Roberts Blossom as Ezra Cobb in Deranged (1974):

Well, this is definitely my best example of a performance that never had a snowball’s chance in hell of being nominated. Not only would the Academy never give a film like Deranged the time of day, but I doubt they were even aware that this film existed. However, just because the performance was delivered in a sleazy, low-budget grindhouse horror flick doesn’t mean it’s not terrific. Roberts Blossom is a long-time character actor who is best known for playing the scary old neighbour in Home Alone, but this is undoubtedly one of the greatest performances in horror movie history. Deranged makes the audacious decision to tell its entire story from the point-of-view of Ezra Cobb, an insane psychopath who likes to carry on conversations with his mother’s mummified corpse and is greatly inspired on the notorious serial killer, Ed Gein. Blossom plays Ezra as an eccentric, but seemingly harmless childlike innocent, the personification of a psycho that nobody would have ever suspected. What’s amazing is how genuinely likable Ezra is throughout most of the film because even though he’s clearly insane, Blossom somehow manages to make the character endearing in a very demented sort of way. But of course, when the scene calls for it, Blossom also manages to show off Ezra’s incredibly creepy side and succeed at scaring the crap out of you. This is definitely a case where if the lead actor didn’t deliver a home run performance, the entire film wouldn’t work, and not many actors could have pulled off what Roberts Blossom does in Deranged. If I had to pick one performance from grindhouse cinema that deserved Academy Award recognition, this would be it.

http://www.youtube.com/watch?v=htmf1PP8Wds

Would Have Been a Better Choice Than: There was a lot of great competition in the “Best Actor” category in 1974, but many people have said that Art Carney’s win for Harry and Tonto is one of the more undeserving Oscars of all time. Sorry, Art, you didn’t have to act out any scenes with corpses, so you’re out.
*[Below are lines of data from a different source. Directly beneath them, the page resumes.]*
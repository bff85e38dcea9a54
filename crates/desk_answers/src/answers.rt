//! What a request is answered over a seat.

pub(crate) mod signoff;

ghost use Rattle.std.specs.Prelude.{◌≡◌, [], List, true, Some, None, IfOk};
ghost use Rattle.std.specs.Arc.{arc_value};
ghost use Rattle.std.specs.Str.{IsAscii};
ghost use Rattle.desk_outside.specs.declared.deed.Deed.{Deed};
ghost use Rattle.report_cache.specs.Truth.{IsTrueFor};
ghost use Rattle.desk_heads.specs.declared.head.method.Method.TheVariants as method;
ghost use Rattle.desk_replies.specs.Methods.{allows};
ghost use Rattle.desk_replies.specs.Responses.{response_of};
ghost use Rattle.desk_answers.specs.Seats.{IsPrefix, Did};
ghost use Rattle.desk_answers.specs.Resources.{HasTags, methods_of, resource_of};
ghost use Rattle.desk_answers.specs.RouteAnswers.{answer_at};
ghost use Rattle.desk_answers.specs.BookAnswers.{IsAnswer, IsAnswerAt, Answered};

use self::designs::{get_design, get_fails, put_design};
use self::dies::{get_page, get_report, post_log};
use self::signs::{get_sign, post_sign};
use self::slats::{get_slat, get_slat_pattern};

mod designs;
mod dies;
mod signs;
mod slats;

use crate::routes::Routes;
use crate::routes::resource::Resource;
use crate::seat::SeatAt;
use desk_heads::Method;
use desk_outside::Gate;
use desk_replies::{AnswerFault, Refusal, Response};
use report_cache::ReportCache;
use scan_model::NoMemory;
use std::alloc::Global;
use std::sync::Arc;
use std::thread::Threads;

/// What is asked for: the method, the target and the bytes of the body.
#[derive(Clone, Copy)]
pub struct Request<'a> {
    pub method: Method,
    pub target: &'a str,
    pub body: &'a [u8],
}

// A value, to be shared with the desk.
fn shared<T: Drop>(alloc: Global, value: T) -> Result<Arc<T>, NoMemory>
    ensures { IfOk result (λ kept. arc_value kept ≡ value) }
{
    match Arc::new(alloc, value) {
        Ok(kept) => Ok(kept),
        Err(_) => Err(NoMemory),
    }
}

/// What a request is answered over a seat, at some deeds that begin with those that it had seen. What is done carries its
/// number. The response takes no memory once it was done.
pub fn answer<R: Threads + Sync, D, S: SeatAt<R, D>, G: Gate>(
    rt: &R,
    alloc: Global,
    routes: &Routes,
    desk: &D,
    seat: &mut S,
    cache: &mut ReportCache,
    gate: &mut G,
    request: &Request<'_>,
) -> Result<Response, AnswerFault>
    requires ascii { IsAscii request.now.target.now }
    requires belongs { S.belongs seat.old desk.now }
    requires cache { IsTrueFor cache.old (S.facts seat.old desk.now).seen }
    ensures stays { S.belongs seat.new desk.now }
    ensures cache { (later : List Deed) → IsPrefix (S.facts seat.new desk.now).seen later → IsTrueFor cache.old later → IsTrueFor cache.new later }
    ensures answered { let s = S.facts seat.old desk.now in
        Answered (λ deeds answer. IsAnswer s.limit deeds request.now.target.now request.now.method request.now.body.now answer) result s (S.facts seat.new desk.now) }
{
    let found = routes.resource(alloc, request.target)?;
    answer_found(rt, alloc, desk, seat, cache, gate, &found, request)
}

// What it is answered at what its target names.
fn answer_found<R: Threads + Sync, D, S: SeatAt<R, D>, G: Gate>(
    rt: &R,
    alloc: Global,
    desk: &D,
    seat: &mut S,
    cache: &mut ReportCache,
    gate: &mut G,
    found: &Option<Resource>,
    request: &Request<'_>,
) -> Result<Response, AnswerFault>
    requires found { resource_of request.now.target.now ≡ found.now }
    requires belongs { S.belongs seat.old desk.now }
    requires cache { IsTrueFor cache.old (S.facts seat.old desk.now).seen }
    ensures stays { S.belongs seat.new desk.now }
    ensures cache { (later : List Deed) → IsPrefix (S.facts seat.new desk.now).seen later → IsTrueFor cache.old later → IsTrueFor cache.new later }
    ensures answered { let s = S.facts seat.old desk.now in
        Answered (λ deeds answer. IsAnswer s.limit deeds request.now.target.now request.now.method request.now.body.now answer) result s (S.facts seat.new desk.now) }
{
    match found {
        Some(resource) => answer_at(rt, alloc, desk, seat, cache, gate, resource, request),
        None => Ok(Response::refused(Refusal::NoRoute)),
    }
}

// What it is answered at the resource that its target names.
fn answer_at<R: Threads + Sync, D, S: SeatAt<R, D>, G: Gate>(
    rt: &R,
    alloc: Global,
    desk: &D,
    seat: &mut S,
    cache: &mut ReportCache,
    gate: &mut G,
    resource: &Resource,
    request: &Request<'_>,
) -> Result<Response, AnswerFault>
    requires named { resource_of request.now.target.now ≡ Some resource.now }
    requires belongs { S.belongs seat.old desk.now }
    requires cache { IsTrueFor cache.old (S.facts seat.old desk.now).seen }
    ensures stays { S.belongs seat.new desk.now }
    ensures cache { (later : List Deed) → IsPrefix (S.facts seat.new desk.now).seen later → IsTrueFor cache.old later → IsTrueFor cache.new later }
    ensures answered { let s = S.facts seat.old desk.now in
        Answered (λ deeds answer. IsAnswer s.limit deeds request.now.target.now request.now.method request.now.body.now answer) result s (S.facts seat.new desk.now) }
{
    let methods = resource.methods();
    if !methods.allows(request.method) {
        return Ok(Response::other_method(methods));
    }
    match request.method {
        Method::Get => Ok(get_at(rt, alloc, desk, seat, cache, resource)?),
        _ => change_at(rt, alloc, desk, seat, cache, gate, resource, request),
    }
}

// What is got at a resource.
fn get_at<R: Threads + Sync, D, S: SeatAt<R, D>>(
    rt: &R,
    alloc: Global,
    desk: &D,
    seat: &mut S,
    cache: &mut ReportCache,
    resource: &Resource,
) -> Result<Response, NoMemory>
    requires tags { HasTags resource.now }
    requires got { allows (methods_of resource.now) method.Get ≡ true }
    requires belongs { S.belongs seat.old desk.now }
    requires cache { IsTrueFor cache.old (S.facts seat.old desk.now).seen }
    ensures stays { S.belongs seat.new desk.now }
    ensures cache { (later : List Deed) → IsPrefix (S.facts seat.new desk.now).seen later → IsTrueFor cache.old later → IsTrueFor cache.new later }
    ensures did { Did [] 0 (S.facts seat.old desk.now) (S.facts seat.new desk.now) }
    ensures made { IfOk result (λ r. r ≡ response_of (answer_at 0 (S.facts seat.new desk.now).seen resource.now method.Get [] None)) }
{
    match resource {
        Resource::Design { design } => get_design(rt, alloc, desk, seat, design.as_slice()),
        Resource::Fails { design, fault } => {
            get_fails(rt, alloc, desk, seat, design.as_slice(), *fault)
        }
        Resource::LastReport { design, die } => {
            let (design, die) = (design.as_slice(), die.as_slice());
            get_report(rt, alloc, desk, seat, cache, design, die, None)
        }
        Resource::Report {
            design,
            die,
            revision,
        } => {
            let revision = Some(u64::from(*revision));
            let (design, die) = (design.as_slice(), die.as_slice());
            get_report(rt, alloc, desk, seat, cache, design, die, revision)
        }
        Resource::Page {
            design,
            die,
            revision,
            line,
        } => {
            let (revision, line) = (u64::from(*revision), u64::from(*line));
            let (design, die) = (design.as_slice(), die.as_slice());
            get_page(rt, alloc, desk, seat, cache, design, die, revision, line)
        }
        Resource::Slat {
            design,
            die,
            revision,
        } => {
            let revision = u64::from(*revision);
            let (design, die) = (design.as_slice(), die.as_slice());
            get_slat(rt, alloc, desk, seat, cache, design, die, revision)
        }
        Resource::SlatPattern {
            design,
            die,
            revision,
            pattern,
        } => {
            let (revision, pattern) = (u64::from(*revision), *pattern);
            let (design, die) = (design.as_slice(), die.as_slice());
            get_slat_pattern(rt, alloc, desk, seat, cache, design, die, revision, pattern)
        }
        Resource::Sign {
            design,
            die,
            number,
        } => {
            let number = u64::from(*number);
            get_sign(rt, desk, seat, design.as_slice(), die.as_slice(), number)
        }
        Resource::Logs { .. } | Resource::Signs { .. } => unreachable!(),
    }
}

// What is put or posted there.
fn change_at<R: Threads + Sync, D, S: SeatAt<R, D>, G: Gate>(
    rt: &R,
    alloc: Global,
    desk: &D,
    seat: &mut S,
    cache: &mut ReportCache,
    gate: &mut G,
    resource: &Resource,
    request: &Request<'_>,
) -> Result<Response, AnswerFault>
    requires tags { HasTags resource.now }
    requires allowed { allows (methods_of resource.now) request.now.method ≡ true }
    requires changes { ¬ (request.now.method ≡ method.Get) }
    requires belongs { S.belongs seat.old desk.now }
    requires cache { IsTrueFor cache.old (S.facts seat.old desk.now).seen }
    ensures stays { S.belongs seat.new desk.now }
    ensures cache { (later : List Deed) → IsPrefix (S.facts seat.new desk.now).seen later → IsTrueFor cache.old later → IsTrueFor cache.new later }
    ensures answered { let s = S.facts seat.old desk.now in
        Answered (λ deeds answer. IsAnswerAt s.limit deeds resource.now request.now.method request.now.body.now answer) result s (S.facts seat.new desk.now) }
{
    let body = request.body;
    match resource {
        Resource::Design { design } => {
            put_design(rt, alloc, desk, seat, gate, design.as_slice(), body)
        }
        Resource::Logs { design, die } => {
            let (design, die) = (design.as_slice(), die.as_slice());
            post_log(rt, alloc, desk, seat, gate, design, die, body)
        }
        Resource::Signs { design, die } => {
            let (design, die) = (design.as_slice(), die.as_slice());
            post_sign(rt, alloc, desk, seat, cache, gate, design, die, body)
        }
        _ => unreachable!(),
    }
}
Robert De Niro as Rupert Pupkin in The King of Comedy (1983):

Well, you can’t ever accuse the Academy for neglecting to recognize the work of Robert De Niro, but in this case, he may have been snubbed because his performance was TOO good. De Niro’s intent was to turn the character of failed stand-up comedian Rupert Pupkin into the most self-absorbed, obnoxious and annoying individual you could ever imagine and he certainly succeeded. As a result, many people didn’t know what to make of The King of Comedy when it was originally released and thought it was a major step down in quality for Martin Scorsese. However, as the years have gone by, it’s amazing to see how ahead of its time the film really was. This is undoubtedly the most underappreciated performance of Robert De Niro’s career and whether or not you like the character of Rubert Pupkin, you can’t deny that you’ve all encountered someone just like him at some point in your life. In many ways, Rupert resembles the worst Asperger Syndome case you could imagine, as he’s an incredibly delusional individual who can’t take hints, won’t pick up obvious social signals, and only hears what he wants to hear. It’s a really delicate balance to create a character that’s incredibly annoying, yet still very compelling to watch at the same time, but De Niro nails it perfectly. It is hard not to identify with the many awkward and painful social situations that are presented in the film.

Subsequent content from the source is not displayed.